— DATA EXCERPTS —

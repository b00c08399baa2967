// Numbers right-aligned in columns.
ghost use Rattle.std.specs.Prelude.{◌≡◌, ◌+◌, ◌-◌, ◌≤◌, length, replicate};
ghost use Rattle.text.specs.Ascii.{blank};
ghost use Rattle.text.specs.Columns.{aligned, longest_aligned};
ghost use Rattle.text.specs.Put.{put, written, end};

use crate::fields::has_room;
use crate::groups::put_byte;
use crate::numerals::Decimal;

// Writes the blanks before a text of so many bytes.
fn put_margin(columns: u32, width: usize, out: &mut [u8], at: usize) -> usize
    requires { at + (columns - width) ≤ length out.old }
    ensures end { result ≡ at + length (replicate (columns - width) blank) }
    ensures text { out.new ≡ put out.old at (replicate (columns - width) blank) }
{
    let end = at + (columns as usize).saturating_sub(width);
    out[at..end].fill(b' ');
    end
}

// Writes a number in decimal, right-aligned in columns, and the byte `last` after them. Room is asked for all columns and the byte after them,
// and for the longest text where that is wider.
pub fn right_number<N: Decimal>(n: N, columns: u32, last: u8, out: &mut [u8], at: usize) -> usize
    ensures end { result ≡ end (longest_aligned columns N.longest) out.old at (aligned columns (N.in_decimal n) last) }
    ensures text { out.new ≡ written (longest_aligned columns N.longest) out.old at (aligned columns (N.in_decimal n) last) }
{
    if !has_room(N::longest().max(columns as usize + 1), out.len(), at) {
        return at;
    }
    let margin = put_margin(columns, n.width(), out, at);
    let next = n.put(out, margin);
    put_byte(last, out, next)
}
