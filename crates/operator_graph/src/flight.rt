//! One transaction in flight: its next event is handled, and once nothing is left to do its work is made.

ghost use Rattle.std.specs.Prelude.{◌≡◌, [], true, false, Some, IfOk, OnOk, is_some};
ghost use Rattle.sf_value.specs.Keys.{key_of};
ghost use Rattle.block_code.specs.EventsFit.{EventFits};
ghost use Rattle.block_runs.specs.EventStep.{lasts, target_of};
ghost use Rattle.block_runs.specs.StepFits.{IsReady};
ghost use Rattle.event_step.specs.Steps.{as_step, fields_of};
ghost use Rattle.block_step.specs.CompiledViews.{compiled_tables, compiled_blocks, IsWhole, StepsIn};
ghost use Rattle.transaction_buffers.specs.Buffered.{seen, noted};
ghost use Rattle.transaction_steps.specs.Transactions.{is_done};
ghost use Rattle.operator_graph.specs.Stepping as spec;
ghost use Rattle.operator_graph.specs.Stepping.{CanStep, HasHandled, HasStepped, IsOfBuffers, IsSettled, HasGoneOn};

use block_code::{Event, EventKind};
use block_step::{Compiled, Handled, handle};
use event_step::target;
use keyed_state::{Keyed, Work};
use sf_list::{Sequence, TryClone};
use sf_value::{Outcome, Ref, Value};
use std::alloc::{AllocError, Global};
use std::mem;
use transaction_buffers::Buffers;

/// A transaction in flight: its next event, and what it buffers.
#[derive(Drop)]
pub(crate) struct Flight {
    pub(crate) next: Event,
    pub(crate) buffers: Buffers,
}

pub(crate) type Flights = Sequence<Flight>;

/// What events are handled on: a compiled program, the snapshot of the batch, and the operators.
#[derive(Clone, Copy, Drop)]
pub(crate) struct Dataflow<'a> {
    pub(crate) alloc: Global,
    pub(crate) compiled: &'a Compiled,
    pub(crate) state: &'a Keyed,
    /// How many operators there are for each class.
    pub(crate) parts: u32,
}

pub(crate) fn is_over(event: &Event) -> bool
    ensures { result ≡ is_done event.now.kind }
{
    matches!(event.kind, EventKind::Done(_))
}

fn has_failed(event: &Event) -> bool
    ensures { result ≡ spec.has_failed event.now.kind }
{
    matches!(event.kind, EventKind::Done(Outcome::Failed(_)))
}

/// An event that stands for none, while the one at its place is handled.
fn blank(alloc: Global) -> Event {
    Event {
        tx: 0,
        steps: 0,
        frames: Sequence::new(alloc),
        kind: EventKind::Done(Outcome::Value(Value::Nil)),
    }
}

fn copy_of_target(alloc: Global, event: &Event) -> Result<Ref, AllocError>
    requires { is_some (target_of event.now.kind (lasts event.now.frames)) ≡ true }
    ensures { IfOk result (λ at. target_of event.now.kind (lasts event.now.frames) ≡ Some at) }
{
    let Some(at) = target(event) else {
        // an event that is to be handled has a target
        unreachable!()
    };
    at.try_clone(alloc)
}

/// Handles an event on the record that is seen of its target.
fn handle_seen(
    on: &Dataflow<'_>,
    buffers: &Buffers,
    at: &Ref,
    event: Event,
) -> Result<Handled, AllocError>
    requires whole { IsWhole on.now.compiled.now }
    requires ready { IsReady (compiled_tables on.now.compiled.now) (compiled_blocks on.now.compiled.now) event
        (seen on.now.state.now.contents buffers.now (key_of at.now)) }
    ensures { IfOk result (λ h. StepsIn on.now.compiled.now event (seen on.now.state.now.contents buffers.now (key_of at.now)) (as_step h)) }
{
    let held = buffers.record(on.state, at);
    handle(on.alloc, on.compiled, held, event)
}

/// Notes what handling an event has left, and gives the next event.
fn note(
    alloc: Global,
    buffers: &mut Buffers,
    at: Ref,
    handled: Handled,
) -> Result<Event, AllocError>
    ensures noted { OnOk result (buffers.new ≡ noted buffers.old (key_of at) (fields_of handled.held) handled.wrote) }
    ensures next { IfOk result (λ next. next ≡ handled.next) }
{
    let Handled { held, wrote, next } = handled;
    match buffers.note(alloc, at, held, wrote) {
        Ok(()) => Ok(next),
        Err(error) => {
            drop(next);
            Err(error)
        }
    }
}

/// Handles an event at its target, notes what this leaves, and gives the next event.
fn handle_and_note(
    on: &Dataflow<'_>,
    buffers: &mut Buffers,
    at: Ref,
    event: Event,
) -> Result<Event, AllocError>
    requires whole { IsWhole on.now.compiled.now }
    requires ready { IsReady (compiled_tables on.now.compiled.now) (compiled_blocks on.now.compiled.now) event
        (seen on.now.state.now.contents buffers.old (key_of at)) }
    ensures { IfOk result (HasHandled on.now.compiled.now on.now.state.now.contents event at buffers.old buffers.new) }
{
    match handle_seen(on, buffers, &at, event) {
        Ok(handled) => note(on.alloc, buffers, at, handled),
        Err(error) => {
            drop(at);
            Err(error)
        }
    }
}

/// Handles the next event of a flight.
fn step(on: &Dataflow<'_>, flight: &mut Flight) -> Result<(), AllocError>
    requires whole { IsWhole on.now.compiled.now }
    requires can { CanStep on.now.compiled.now on.now.state.now.contents flight.old }
    ensures { OnOk result (HasStepped on.now.compiled.now on.now.state.now.contents flight.old flight.new) }
{
    let at = copy_of_target(on.alloc, &flight.next)?;
    let event = mem::replace(&mut flight.next, blank(on.alloc));
    let next = handle_and_note(on, &mut flight.buffers, at, event)?;
    drop(mem::replace(&mut flight.next, next));
    Ok(())
}

/// The work of what was buffered. A transaction that failed has written nothing.
fn work_of(alloc: Global, buffers: Buffers, failed: bool) -> Result<Work, AllocError>
    ensures { IfOk result (IsOfBuffers failed buffers) }
{
    if failed {
        buffers.into_reads(alloc)
    } else {
        buffers.into_work(alloc)
    }
}

/// Makes the work of a flight where nothing is left to do.
fn settle(alloc: Global, flight: &mut Flight, work: &mut Work) -> Result<(), AllocError>
    ensures { OnOk result (IsSettled flight.old flight.new work.old work.new) }
{
    if !is_over(&flight.next) {
        return Ok(());
    }
    let failed = has_failed(&flight.next);
    let buffers = mem::replace(&mut flight.buffers, Buffers::new(alloc));
    let made = work_of(alloc, buffers, failed)?;
    drop(mem::replace(work, made));
    Ok(())
}

/// A flight takes a step. Where that is its last one, its work is made.
pub(crate) fn go_on(
    on: &Dataflow<'_>,
    flight: &mut Flight,
    work: &mut Work,
) -> Result<(), AllocError>
    requires whole { IsWhole on.now.compiled.now }
    requires can { CanStep on.now.compiled.now on.now.state.now.contents flight.old }
    ensures { OnOk result (HasGoneOn on.now.compiled.now on.now.state.now.contents flight.old flight.new work.old work.new) }
{
    step(on, flight)?;
    settle(on.alloc, flight, work)
}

— PROBLEM REQUIREMENTS —
Set the entries down again exactly, beginning with their first line and ending with the line that contains "use crate::fields::has_room;"; omit all other lines.

— REPLY —
repository b00c08399baa2967
// Numbers right-aligned in columns.
ghost use Rattle.std.specs.Prelude.{◌≡◌, ◌+◌, ◌-◌, ◌≤◌, length, replicate};
ghost use Rattle.text.specs.Ascii.{blank};
ghost use Rattle.text.specs.Columns.{aligned, longest_aligned};
ghost use Rattle.text.specs.Put.{put, written, end};

use crate::fields::has_room;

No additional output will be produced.